Dataset extract
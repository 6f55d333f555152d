//! The command line of `album`: its subcommands, how it is read, and what those do that need neither a running service
//! nor its folder.

use crate::asking::{ask_command, ask_service};
use crate::checking::check_data_command;
use crate::dumping::{dump_command, dump_service};
use crate::explaining::{explain_command, explain_lines};
use crate::judging::{judge_command, judge_lines};
use crate::naming::{flags_command, mask_command, print_bits};
use crate::replaying::{replay_command, replay_lines};
use crate::running::{status, with_subcommand};
use crate::serving::serve_command;
use crate::texts::{ABOUT, NO_TEXT};
use album_judge::Fault;
use clap::error::ErrorKind;
use clap::{ArgMatches, Command, Error};
use std::alloc::{AllocError, Global};
use std::io;
use std::io::{Read, Write};
use std::net::{Net, TcpListener, TcpStream};
use std::process::ExitCode;
use std::rt::Files;

/// The program's version. Which commit it was built of it doesn't know.
const VERSION: &str = "0.1.0";

/// Reads the words of the command line.
///
/// # Errors
///
/// clap's: help that was asked for, why the words are refused, or that there was no memory.
pub fn parse<'a>(alloc: Global, words: &'a [String]) -> Result<ArgMatches<'a>, Error> {
    let command: Command<'a> = album_command(alloc)?;
    command.try_get_matches_from(words)
}

fn album_command<'a>(alloc: Global) -> Result<Command<'a>, AllocError> {
    let command = Command::new(alloc, "album")
        .about(ABOUT)
        .version(VERSION)
        .subcommand_required(true);
    let command = with_subcommand(Ok(command), judge_command(alloc));
    let command = with_subcommand(command, replay_command(alloc));
    let command = with_subcommand(command, serve_command(alloc));
    let command = with_subcommand(command, check_data_command(alloc));
    let command = with_subcommand(command, ask_command(alloc));
    let command = with_subcommand(command, dump_command(alloc));
    let command = with_subcommand(command, explain_command(alloc));
    let command = with_subcommand(command, mask_command(alloc));
    with_subcommand(command, flags_command(alloc))
}

/// Does what the command line names, but for `serve` and `check-data`, and gives the status that the program ends with.
/// On a terminal `ask` has a prompt.
pub fn run<T, R: Read, W: Write>(
    rt: &T,
    alloc: Global,
    reader: &mut R,
    writer: &mut W,
    matches: &ArgMatches<'_>,
    has_prompt: bool,
) -> ExitCode
where
    T: Net<Listener = TcpListener, Stream = TcpStream> + Files + Eprint,
{
    match matches.subcommand_name() {
        Some("judge") => status(rt, judge_lines(rt, alloc, reader, writer, matches)),
        Some("replay") => replay_lines(rt, alloc, reader, writer, matches),
        Some("explain") => explain_lines(rt, alloc, reader, writer, matches),
        Some("ask") => ask_service(rt, alloc, reader, writer, matches, has_prompt),
        Some("dump") => dump_service(rt, alloc, writer, matches),
        Some("mask") => print_bits(rt, alloc, writer, matches, "mask"),
        Some("flags") => print_bits(rt, alloc, writer, matches, "flags"),
        // No other command line has matched.
        _ => ExitCode::from(2),
    }
}

/// Lets the matches go. Matches hold matches, so the prover looks at all of them at once. It does so here, and not in
/// the program, while other crates are proved.
pub fn let_go(matches: ArgMatches<'_>) {
    drop(matches);
}

/// Prints the help that was asked for, or why the command line is refused.
pub fn refuse<T: Print + Eprint>(rt: &T, error: &Error) -> ExitCode {
    if error.kind() == ErrorKind::OutOfMemory {
        return status(rt, Err(Fault::Memory));
    }
    let printed = error.print(rt);
    if error.use_stderr() {
        return ExitCode::from(2);
    }
    status(rt, printed.map_err(|_| Fault::Writing))
}

/// The words could not be read: there was no memory for them, or one is no text.
pub fn refuse_words(rt: &impl Eprint, error: &io::Error) -> ExitCode {
    if error.kind() == io::ErrorKind::OutOfMemory {
        return status(rt, Err(Fault::Memory));
    }
    let _ = eprintln!(rt; "{NO_TEXT}");
    ExitCode::from(2)
}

What is needed
Your task is to copy each line from the material above that includes the word "them".

Reply
/// Lets the matches go. Matches hold matches, so the prover looks at all of them at once. It does so here, and not in
/// The words could not be read: there was no memory for them, or one is no text.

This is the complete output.